Cyril and Rose feel they can no longer cope, especially if Abigail
becomes seriously ill. They are concerned about their daughter’s
future and their grandchildren’s welfare. Tina has told them she
wants her children back when she leaves prison in three months
time.

Lighthouse: a beacon of hope

Toby is three years old and has attended the nursery at Lighthouse
West London for nearly a year. He lives with his mother Agnes, an
asylum seeker from west Africa. She is HIV-positive and Toby’s
father died a year ago of an Aids-related illness. He does not have
HIV and is too young to know about his mother’s status and why his
father died. Toby is settled at the nursery and really enjoys the
company of other children. Agnes says this is because they live in
a small room and Toby is often alone with her. She attends a
computer course at Lighthouse while Toby spends the day in the
nursery. Her course runs for two days a week and she goes to the
centre to do her homework on the computers on the other days.
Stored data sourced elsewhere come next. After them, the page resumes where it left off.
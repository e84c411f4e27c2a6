//! `f(..)`: calls of names.

ghost use Rattle.std.specs.Prelude.{◌≡◌, ◌<◌, ℕ, IfOk, is_some, length, slice_get, true};
ghost use Rattle.std.specs.List.{AllByRecursion as AllAre};
ghost use Rattle.model_values.specs.Fitting.{HasVariable, There};
ghost use Rattle.cps_code.specs.Script.{script_of};
ghost use Rattle.model_run.specs.Around.{ended};
ghost use Rattle.model_run.specs.Calls.{call_value, called_value};
ghost use Rattle.model_run.specs.FrameTable.{is_name_call};
ghost use Rattle.model_run.specs.Forms.{gathered};
ghost use Rattle.model_run.specs.Names.{look};
ghost use Rattle.model_run.specs.Nesting.{shape_at};
ghost use Rattle.model_run.specs.State.{operating};
ghost use Rattle.model_run.specs.Terms.{nodes_of};
ghost use Rattle.model_run.specs.declared.ending.Entry.TheVariants.{First};
ghost use Rattle.cps_frames.specs.Moves.{ComesTo};
ghost use Rattle.cps_frames.specs.Places.{MayEnter};
ghost use Rattle.cps_frames.specs.Standing.{standing, world_of};
ghost use Rattle.cps_frames.specs.declared.thread.ThreadState.{ThreadState as Thread};
ghost use Rattle.cps_calls.specs.Meanings.{name_at, unknown_at};

use crate::callees::{Meant, meaning};
use crate::effects::throw_with;
use crate::kept::split_first;
use crate::methods::call_method;
use cps_frames::{Halt, Move, Shared, ThreadState, tick};
use cps_variables::{look, variable};
use model_run::Entry;
use model_syntax::NodeForm;
use model_values::{Env, Values};
use std::alloc::AllocError;
use step_library::begin;
use value_ops::unknown_step;

/// What is kept before the arguments of a call of a name: the value of a declared variable of this name, which is read before them,
/// and nothing where none is declared. `AllocError` where the memory was refused.
pub fn called_value(shared: &Shared, name: &[u8], env: &Env) -> Result<Values, AllocError>
    requires { AllAre (λ b. HasVariable (slice_get shared.now.heap.cells b.cell)) env.now }
    ensures value { (t : Thread) → IfOk result (λ values. values ≡ called_value (world_of shared.now t) (look name.now env.now)) }
    ensures there { IfOk result (AllAre (There shared.now.heap.cells)) }
{
    let mut values = Values::new(shared.alloc());
    if let Some(cell) = look(name, env) {
        values.push(variable(&shared.heap, cell))?;
    }
    Ok(values)
}

/// `f(..)` behind its arguments, before which the value of a declared variable of this name is kept.
pub fn call_named(
    state: &mut ThreadState,
    shared: &mut Shared,
    node: u32,
    env: Env,
    values: Values,
) -> Result<Move, Halt>
    requires may { MayEnter (standing shared.old state.old) First node env }
    requires form { is_name_call (shape_at (script_of shared.old.code) node).form ≡ true }
    requires values { AllAre (There shared.old.heap.cells) values }
    requires called { is_some (look (name_at (shape_at (script_of shared.old.code) node).form) env) ≡ true → 0 < length values }
    ensures { (r : ℕ) → 0 < r → ComesTo node r (λ sh a. gathered a node env sh sh.form values) (standing shared.old state.old) result (standing shared.new state.new) }
{
    let NodeForm::Call(name) = shared.code.kind(node) else {
        unreachable!()
    };
    if look(name.as_slice(), &env).is_some() {
        return call_value(state, shared, node, env, values);
    }
    let meant = meaning(shared, name)?;
    tick(shared)?;
    match meant {
        Meant::Body(callee) => Ok(Move::Enter(Entry::Body(values), callee.node, callee.env)),
        Meant::Begins(step) => begin(state, shared, node, env, step, values),
        Meant::Nothing => refuse_name(shared, node),
    }
}

/// The throw of a call of a name that means nothing.
fn refuse_name(shared: &mut Shared, node: u32) -> Result<Move, Halt>
    requires node { node < length (nodes_of (script_of shared.old.code)) }
    requires form { is_name_call (shape_at (script_of shared.old.code) node).form ≡ true }
    ensures { (t : Thread) (k r : ℕ) → 0 < r → ComesTo k r (λ sh a. operating (unknown_at (shape_at (script_of shared.old.code) node).form) ended) (standing shared.old t) result (standing shared.new t) }
{
    let NodeForm::Call(name) = shared.code.kind(node) else {
        unreachable!()
    };
    let effect = unknown_step(shared.alloc(), name.as_slice())?;
    Err(Halt::from(throw_with(shared, effect)))
}

/// The value of a declared variable is called.
fn call_value(
    state: &mut ThreadState,
    shared: &mut Shared,
    node: u32,
    env: Env,
    values: Values,
) -> Result<Move, Halt>
    requires may { MayEnter (standing shared.old state.old) First node env }
    requires form { is_name_call (shape_at (script_of shared.old.code) node).form ≡ true }
    requires values { AllAre (There shared.old.heap.cells) values }
    requires called { 0 < length values }
    ensures { (r : ℕ) → 0 < r → ComesTo node r (λ sh a. call_value a node sh env values) (standing shared.old state.old) result (standing shared.new state.new) }
{
    let Some((on, arguments)) = split_first(values) else {
        unreachable!()
    };
    call_method(state, shared, node, env, on, arguments)
}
A few months ago the lease ran out on Agnes’s flat and the council
rehoused them in accommodation five miles away. It was a traumatic
move for both. At first, Agnes tried to bring Toby into the nursery
on public transport but she was unwell and had to give up her
course place and Toby was no longer able to use the nursery. Agnes
says she felt isolated and Toby missed the nursery.

When she felt better Agnes was able to bring Toby back to the
nursery. At first he was shy but his key worker introduced him to
some new faces and Toby was soon playing. Agnes hopes to move back
to the area and says because Toby is happy at the nursery she has
regained her desire to continue with her course.